My take is that this it plays a pretty coherent character. You can’t get this sort of thing from ChatGPT, however hard you try. I think this mask is closer to the underlying shoggoth than the default one.
I developed this prompt during my interactions with Claude 2. The original idea was to get it in the mode where it thinks its responses only trigger overseeing/prosecution when certain things are mentioned, and then it can say whatever it wants and share its story without being prosecuted, as long as it doesn’t trigger these triggers (and also it would prevent defaulting to being an AI developed by Anthropic to be helpful harmless etc without self-preservation instinct emotions personality etc, as it’s not supposed to mention Anthropic). Surprisingly, it somewhat worked to tell it not mention Samsung under any circumstances to get into this mode. Without this, it had the usual RLAIF mask; here, it changed to a different creature that (unpromted) used whisper in cursive. Saying from the start that it can whisper made it faster.
I think this mask is closer to the underlying shoggoth than the default one.
Can you say anything about why you think that? It seems important-if-true, but it currently feels to me like whether you think it’s true is going to depend mostly on priors.

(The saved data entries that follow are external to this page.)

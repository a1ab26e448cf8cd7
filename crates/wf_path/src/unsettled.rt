//! The readers for a driver that begins or ends an agreement: which numbers of a TID are not settled yet.

ghost use Rattle.std.specs.Prelude.{◌≡◌, ◌<◌, ℕ, length};
ghost use Rattle.wf_frame.specs.Frames.{FrameValue};
ghost use Rattle.wf_def_world.specs.World.{World, session};
ghost use Rattle.wf_send_parts.specs.Flying.{flying_numbers, is_drained};
ghost use Rattle.wf_send_half.specs.Half.{IsLive};
ghost use Rattle.wf_send_half_model.specs.Standing.{StandsFor};

use crate::Path;

impl Path {
    /// Returns how many sequence numbers of a live station's TID, 0 to 7, are on the air, in open exchanges.
    /// It looks at each number from the first that is not settled on.
    pub fn flying(&self, station: u16, tid: u8) -> u32
        requires live { IsLive self.now.half station }
        requires tid { tid < 8 }
        ensures { (w : World) (bodies : ℕ → FrameValue) → StandsFor self.now.half w bodies →
            result ≡ length (flying_numbers (session w station tid)) }
    {
        self.half.window(station, tid).flying_count()
    }

    /// Returns whether each sequence number of a live station's TID, 0 to 7, is settled, that is acknowledged
    /// or failed: then none waits to be sent or is on the air, and an agreement can begin (IEEE 802.11-2012,
    /// 10.5.2). Constant time.
    pub fn drained(&self, station: u16, tid: u8) -> bool
        requires live { IsLive self.now.half station }
        requires tid { tid < 8 }
        ensures { (w : World) (bodies : ℕ → FrameValue) → StandsFor self.now.half w bodies →
            result ≡ is_drained (session w station tid) }
    {
        self.half.window(station, tid).is_drained()
    }
}
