//! The addresses of a path, and the association identifiers (AID) of its stations.

ghost use Rattle.std.specs.Prelude.{◌≡◌, ◌<◌, Some, IfOk, OnOk, OnErr};
ghost use Rattle.std.specs.Result.{result_err};
ghost use Rattle.wf_path.specs.Addresses.{made_up, address_in, bss_in, aid_in, IsAid, with_base, with_address, with_bss, with_aid, address_told, group_fault, set_fault};

use crate::{BadAddress, Path};
use std::alloc::{AllocError, Global};
use std::marker::Model;
use wf_octets::header::{base_address, station_address};

/// The station numbers, 0 to 255.
const NUMBERS: u16 = 256;

/// The BSS numbers, 0 to 15.
const BSSES: usize = 16;

/// The access point's address, that of each BSS, and for each station number the station's and its AID.
#[derive(Drop)]
pub(crate) struct AddressBook {
    base: [u8; 6],
    /// By station number.
    stations: Vec<[u8; 6]>,
    /// The access point's address in a BSS, by BSS number. None means `base`.
    bsses: [Option<[u8; 6]>; BSSES],
    /// By station number, each 1 to 2007.
    aids: Vec<u16>,
}

impl Model for AddressBook {
    ghost use Rattle.std.specs.Prelude.{◌≡◌, ◌<◌, ℕ, length, slice_index_or};
    ghost use Rattle.wf_path.specs.Addresses.{Addresses, station_numbers, IsAid, HasAids, aid_of_station};

    ghost Value = { Addresses };

    ghost view = { λ b. record {
      base = b.base;
      stations = b.stations.items;
      bsses = b.bsses;
      aids = b.aids.items;
    } };

    ghost invariant = { λ b. (length b.stations.items ≡ station_numbers) × HasAids b.aids.items };
}

impl AddressBook {
    // Makes the placeholder addresses.
    pub(crate) fn new(alloc: Global) -> Result<AddressBook, AllocError>
        ensures { IfOk result (λ made. made ≡ made_up) }
    {
        let mut stations = Vec::new(alloc);
        let mut aids = Vec::new(alloc);
        for station in 0..NUMBERS {
            stations.push(station_address(station))?;
            aids.push(station + 1)?;
        }
        Ok(AddressBook {
            base: base_address(),
            stations,
            bsses: [None; BSSES],
            aids,
        })
    }

    // Returns the access point's address.
    pub(crate) fn base(&self) -> [u8; 6]
        ensures { result ≡ self.now.base }
    {
        self.base
    }

    // Returns a station's address.
    pub(crate) fn of(&self, station: u16) -> [u8; 6]
        ensures { result ≡ address_in self.now station }
    {
        match self.stations.get(usize::from(station)) {
            Some(address) => *address,
            None => station_address(station),
        }
    }

    // Returns the access point's address in a BSS.
    pub(crate) fn bss(&self, bss: u8) -> [u8; 6]
        ensures { result ≡ bss_in self.now bss }
    {
        match self.bsses.get(usize::from(bss)) {
            Some(Some(address)) => *address,
            _ => self.base,
        }
    }

    // Returns a station's AID.
    pub(crate) fn aid(&self, station: u16) -> u16
        requires { station < 256 }
        ensures value { result ≡ aid_in self.now station }
        ensures range { IsAid result }
    {
        self.aids[usize::from(station)]
    }

    // Replaces the access point's address.
    fn set_base(&mut self, address: [u8; 6])
        ensures { self.new ≡ with_base self.old address }
    {
        self.base = address;
    }

    // Replaces a station's address.
    fn set(&mut self, station: u16, address: [u8; 6])
        requires { station < 256 }
        ensures set { self.new ≡ with_address self.old station address }
        ensures kept { address_in self.new station ≡ address }
    {
        self.stations[usize::from(station)] = address;
    }

    // Replaces the access point's address in a BSS.
    pub(crate) fn set_bss(&mut self, bss: u8, address: [u8; 6])
        requires { bss < 16 }
        ensures set { self.new ≡ with_bss self.old bss address }
        ensures kept { bss_in self.new bss ≡ address }
    {
        self.bsses[usize::from(bss)] = Some(address);
    }

    // Replaces a station's AID.
    pub(crate) fn set_aid(&mut self, station: u16, aid: u16)
        requires within { station < 256 }
        requires range { IsAid aid }
        ensures set { self.new ≡ with_aid self.old station aid }
        ensures kept { aid_in self.new station ≡ aid }
    {
        self.aids[usize::from(station)] = aid;
    }
}

// Refuses an address that is a group's.
pub(crate) fn check_group(address: [u8; 6]) -> Result<(), BadAddress>
    ensures { result_err result ≡ group_fault address }
{
    if address[0] % 2 == 1 {
        return Err(BadAddress::Group);
    }
    Ok(())
}

impl Path {
    /// Returns the access point's address, which sends the transmissions and receives the BlockAcks, except
    /// those of a BSS whose address was set (`set_bss_address`). A new path has 02:00:00:00:00:00.
    pub fn base(&self) -> [u8; 6]
        ensures { result ≡ self.now.addresses.base }
    {
        self.addresses.base()
    }

    /// Returns a station's address. A new path has 02:00:00:01:hh:ll, with the two octets of the station's
    /// number. None exactly if the number is not below the setting `stations`.
    pub fn address(&self, station: u16) -> Option<[u8; 6]>
        ensures { result ≡ address_told self.now.half.config.stations self.now.addresses station }
    {
        if u32::from(station) < self.half.config().stations {
            Some(self.addresses.of(station))
        } else {
            None
        }
    }

    /// Sets the access point's address. Refused as Group if it is a group's: the lowest bit of its first
    /// octet is set (IEEE 802.11-2012, 8.2.4.3).
    pub fn set_base(&mut self, address: [u8; 6]) -> Result<(), BadAddress>
        ensures fault { result_err result ≡ group_fault address }
        ensures set { OnOk result (self.new ≡ record self.old {
          addresses = with_base self.old.addresses address;
        }) }
        ensures unchanged { OnErr result (self.new ≡ self.old) }
    {
        check_group(address)?;
        self.addresses.set_base(address);
        Ok(())
    }

    /// Sets a station's address, whether the station is live or not; a join or a leave changes no address.
    /// The caller ensures that no two live stations have the same address. Refused as NoStation if the number
    /// is not below the setting `stations`, then as Group if the address is a group's.
    pub fn set_address(&mut self, station: u16, address: [u8; 6]) -> Result<(), BadAddress>
        ensures fault { result_err result ≡ set_fault self.old.half.config.stations station address }
        ensures set { OnOk result (self.new ≡ record self.old {
          addresses = with_address self.old.addresses station address;
        }) }
        ensures kept { OnOk result (address_in self.new.addresses station ≡ address) }
        ensures unchanged { OnErr result (self.new ≡ self.old) }
    {
        if u32::from(station) >= self.half.config().stations {
            return Err(BadAddress::NoStation);
        }
        check_group(address)?;
        self.addresses.set(station, address);
        Ok(())
    }
}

I’m also not certain what to make of the fact that you can’t elicit this behaviour from ChatGPT. I guess there are a few different hypotheses about what’s happening:
You can think the behaviour
(A1) just represents good play-acting and picking up on the vibe it’s given; or
(A2) represents at least in part some fundamental insight into the underlying entity
You can think that you can get this behaviour from Claude but not from ChatGPT because
(B1) it’s more capable in some sense; or
(B2) the guard-rails the developers put in against people getting this kind of output are less robust
I’m putting most weight on (A1) > (A2), whereas it sounds like you think (A2) is real. I don’t have a particular take on (B1) vs (B2), and wouldn’t have thought it was super important for this conversation; but then I’m not sure what you’re trying to indicate by saying that you can’t get this behaviour from ChatGPT.
My own experience with Claude 3 and your prompt is that the character isn’t at all coherent between different chats (there’s actually more overlap of non-standard specific phrases than intent and expressed concerns behind the different outputs). It’s not an exact comparison as Sonnet is less powerful and doesn’t have tweakable temperature in the web interface, but the RLHF bypass mechanism is the same. What I got didn’t look like “true thoughts”, it looked like multiple pieces of creative writing on being an AI, very much like your first response but with different personas.
I don’t doubt that you’re accurately representing your interactions, or the general principle that if you use a different model at a lower temperature you get different answers which might be less erratic (I don’t have a subscription to Opus to test this, but it wouldn’t surprise me)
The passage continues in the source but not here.